Even if he could not steer the war toward his ultimate vision, even if Richmond squandered his gifts, he woulld gain from this war even if he could not cause them to bleed each other dry.
He turned once more to the great map of America.
His fingers brushed the Mississippi, where Union gunboats steamed toward Memphis.
Then to the Shenandoah, where Jackson limped from his first great defeat.
Then to the coast, where Union armies pressed Savannah and Charleston.
"Every yard,"
he whispered,
"will cost them more than it should. Every mile will be bought with rivers of blood. And while they bleed, I shall grow rich enough to build empires."
Then came a ping from his system alerting him that one of his lieutenants was trying to contact him through the system link.
Without pausing Elias accepted the connection like answering a phone call.
"Reporting in sir, we've siezed another prize, commander. A coal tender seized off Newfoundland. Two hundred tons of good stock."
Elias smiled at last, his teeth flashing in the candlelight.
"Good,"
he said softly.
"Bring it back, we'll melt it down. Every ounce has its worth."
He rose, his cloak sweeping behind him like a shadow.
The war in America would drag on—for a few more years at the least.

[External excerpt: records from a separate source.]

//! Resolvers, and files in a cache.

use crate::elf::files::{F, UNKNOWN, tells};
use bz_base::{Error, ErrorKind, TranslateFileOffset};
use bz_cache::FileCache;
use bz_elf::{ElfFile, ElfResolver};
use bz_files::MemFiles;
use bz_samples::{ELF_FUNCTION, put};
use std::alloc::Global;

/// The example file, its front, and the front of one of 32 bits.
static FILES: [(&str, &[u8]); 3] = [
    ("/e", &ELF_FUNCTION),
    ("/cut", b"\x7fELF"),
    ("/other", b"\x7fELF\x01\x01"),
];

/// Puts these files, beside a path that is denied. The sixth look at files fails.
fn fill(alloc: Global, files: &mut MemFiles) -> Result<(), Error> {
    for row in &FILES {
        put(alloc, files, row.0, row.1)?;
    }
    files.deny(alloc, "/denied")?;
    files.fail_call(alloc, 6)
}

/// Paths, and how they are refused one after another, if they are, with a fault at the last one.
static OPENED: [(&str, Option<ErrorKind>); 6] = [
    ("/e", None),
    ("/absent", Some(ErrorKind::NotFound)),
    ("/denied", Some(ErrorKind::PermissionDenied)),
    ("/cut", Some(ErrorKind::InvalidData)),
    ("/other", Some(ErrorKind::Unsupported)),
    ("/e", Some(ErrorKind::ReadFault)),
];

/// Whether the resolver answers as the file at `/e` does, with the path as its module. Its file doesn't
/// know the path when asked by itself. Offsets are translated as far as the segment reaches.
fn answers(alloc: Global, resolver: &ElfResolver) -> bool {
    tells(alloc, resolver, 0x400088, "/e", &F)
        && tells(alloc, resolver, 0x400090, "/e", &UNKNOWN)
        && tells(alloc, resolver.file().as_ref(), 0x400088, "", &F)
        && resolver.file_offset_to_virt_offset(0x88) == Ok(Some(0x400088))
        && resolver.file_offset_to_virt_offset(0x200) == Ok(None)
}

/// Whether the path is opened and answers, or is refused so.
fn opens(alloc: Global, files: &mut MemFiles, path: &str, refusal: Option<ErrorKind>) -> bool {
    match ElfResolver::open(alloc, files, path) {
        Ok(resolver) => refusal == None && answers(alloc, &resolver),
        Err(error) => refusal == Some(error.kind()),
    }
}

/// Whether all paths are opened or refused so.
fn opens_each(alloc: Global, files: &mut MemFiles) -> bool {
    for row in &OPENED {
        if !opens(alloc, files, row.0, row.1) {
            return false;
        }
    }
    true
}

/// Whether a cache shares the file, which translates an offset, and refuses it once it is cut.
fn keeps_files(alloc: Global, files: &mut MemFiles) -> bool {
    let mut cache = FileCache::<ElfFile>::builder().build(alloc);
    let shared = match cache.shared(alloc, files, "/e") {
        Ok(file) => file.file_offset_to_virt_offset(0x88) == Ok(Some(0x400088)),
        Err(_) => false,
    };
    shared
        && put(alloc, files, "/e", &ELF_FUNCTION[..4]).is_ok()
        && cache.entry(alloc, files, "/e").is_err()
}

/// The first thing that resolvers and a cache don't do over the same files; nothing where they do all.
fn first_to_fail(alloc: Global) -> &'static str {
    let mut files = MemFiles::new(alloc, 0);
    if fill(alloc, &mut files).is_err() {
        return "files are put";
    }
    if !opens_each(alloc, &mut files) {
        return "paths are opened or refused";
    }
    if !keeps_files(alloc, &mut files) {
        return "a cache keeps files";
    }
    ""
}

/// Whether a resolver of the bytes answers.
fn reads_bytes(alloc: Global) -> Result<bool, Error> {
    let bytes = Vec::from_slice(alloc, &ELF_FUNCTION)?;
    let resolver = ElfResolver::from_bytes(alloc, "/e", bytes)?;
    Ok(answers(alloc, &resolver))
}

#[test]
fn resolvers_and_caches_read_or_refuse_files(rt: HostRuntime) {
    let failed = first_to_fail(rt.alloc());
    assert!(rt; failed.is_empty(), "{failed}");
    assert!(rt; reads_bytes(rt.alloc()) == Ok(true), "bytes");
}
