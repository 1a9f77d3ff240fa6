//! Files with symbols and strings of their own, made of the example.

use bz_samples::{ELF_FUNCTION, write};
use std::alloc::{AllocError, Global};

/// The example with these symbols and strings at its end, in place of its own.
pub(crate) fn with_symbols(
    alloc: Global,
    symbols: &[u8],
    strings: &[u8],
) -> Result<Vec<u8>, AllocError> {
    let mut bytes = Vec::from_slice(alloc, &ELF_FUNCTION)?;
    // Place and size of the symbols, and of the strings behind them.
    let size = symbols.len() as u64;
    write(&mut bytes, 264, &368u64.to_le_bytes());
    write(&mut bytes, 272, &size.to_le_bytes());
    write(&mut bytes, 328, &(368 + size).to_le_bytes());
    write(&mut bytes, 336, &(strings.len() as u64).to_le_bytes());
    bytes.extend_from_slice(symbols)?;
    bytes.extend_from_slice(strings)?;
    Ok(bytes)
}
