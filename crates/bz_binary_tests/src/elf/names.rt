//! Which names are taken: UTF-8 that a zero byte ends, wherever in the strings it begins.

use crate::elf::files::tells;
use crate::elf::made::with_symbols;
use bz_base::Error;
use bz_elf::ElfFile;
use std::alloc::{AllocError, Global};

/// Strings that are UTF-8.
const TEXT: &[u8] = b"\0a\xc3\xa9b\0\xe2\x82\xac\0cd";

/// Strings that aren't: at 3 stands a byte that is in no character, at 8 the first of two, and at 17
/// a later one.
const MIXED: &[u8] = b"\0ab\xffc\0d\0\xc3\0\xe2\x82\xace\0f\0\x80";

/// Strings, places of names in them, and the names, or nothing where the last of them is none.
type Row = (&'static [u8], &'static [u32], &'static [&'static str]);

static NAMES: [Row; 24] = [
    (
        TEXT,
        &[0, 1, 2, 4, 5, 6, 9],
        &["", "aéb", "éb", "b", "", "€", ""],
    ),
    // In the order of the file, whatever the order of the places.
    (TEXT, &[9, 4, 1, 4], &["", "b", "aéb", "b"]),
    (b"abc\0", &[3, 2, 1, 0], &["", "c", "bc", "abc"]),
    (b"\0", &[0], &[""]),
    // What is named is UTF-8, though what lies beside it isn't.
    (MIXED, &[4, 6, 10, 14], &["c", "d", "€e", ""]),
    (
        MIXED,
        &[13, 10, 15, 16, 9, 0, 5, 7],
        &["e", "€e", "f", "", "", "", "", ""],
    ),
    (b"\xff\0", &[1], &[""]),
    // Within a character, behind the last zero byte, at the end and past it.
    (TEXT, &[1, 3], &[]),
    (TEXT, &[7], &[]),
    (TEXT, &[6, 8], &[]),
    (TEXT, &[10], &[]),
    (TEXT, &[12], &[]),
    (TEXT, &[13], &[]),
    (TEXT, &[u32::MAX], &[]),
    // No UTF-8 from there on, also where it lies in front of a name that is good.
    (MIXED, &[1], &[]),
    (MIXED, &[4, 2], &[]),
    (MIXED, &[4, 3], &[]),
    (MIXED, &[8], &[]),
    (MIXED, &[10, 11], &[]),
    (MIXED, &[10, 12], &[]),
    (MIXED, &[15, 17], &[]),
    (MIXED, &[15, 18], &[]),
    // No zero byte.
    (b"ab", &[0], &[]),
    (b"", &[0], &[]),
];

/// A file with these strings, and with functions of one byte each, from the address 0 on, that have
/// their names at these places.
fn with_names(alloc: Global, strings: &[u8], places: &[u32]) -> Result<Vec<u8>, AllocError> {
    let mut symbols = Vec::new(alloc);
    for (i, place) in places.iter().enumerate() {
        let name = place.to_le_bytes();
        let start = (i % 256) as u8;
        symbols.extend_from_slice(&[
            name[0], name[1], name[2], name[3], 2, 0, 1, 0, start, 0, 0, 0, 0, 0, 0, 0, 1, 0, 0, 0,
            0, 0, 0, 0,
        ])?;
    }
    with_symbols(alloc, symbols.as_slice(), strings)
}

/// Whether the functions, of one byte each from the address 0 on, have these names, of which there are
/// some.
fn are_named(alloc: Global, file: &ElfFile, names: &[&'static str]) -> bool {
    for (i, name) in names.iter().enumerate() {
        let addr = i as u64;
        if !tells(alloc, file, addr, "", &(*name, addr, Some(1), None)) {
            return false;
        }
    }
    !names.is_empty()
}

/// Whether the file has the row's names, or is refused where there are none.
fn has_names(alloc: Global, (strings, places, names): &Row) -> bool {
    let Ok(bytes) = with_names(alloc, strings, places) else {
        return false;
    };
    match ElfFile::from_bytes(alloc, bytes) {
        Ok(file) => are_named(alloc, &file, names),
        Err(error) => names.is_empty() && error == Error::InvalidData,
    }
}

#[test]
fn names_are_utf_8_that_a_zero_byte_ends(rt: HostRuntime) {
    let names = &NAMES;
    for index in 0..names.len() {
        assert!(rt; has_names(rt.alloc(), &names[index]), "row {index}");
    }
}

And with the recent gains from looting American shipping and vessels, Elias had the capital to summon forth a true army of his 'greybacks' all while further expanding his own ironclad navy to wreck true havok upon the Union forces.
Men would die by the thousands, yet he would sit here in his mountain keep, weaving profit from carnage, his hand unseen, his design eternal.
The world thought the American war was about Union and Confederacy, slavery and freedom, state and nation.
But here, on this cliff above the Adriatic, Elias knew the truth.
It was his war.
His crucible.
And from it, he would forge not a new nation, but a dominion of iron, blood, and shadow.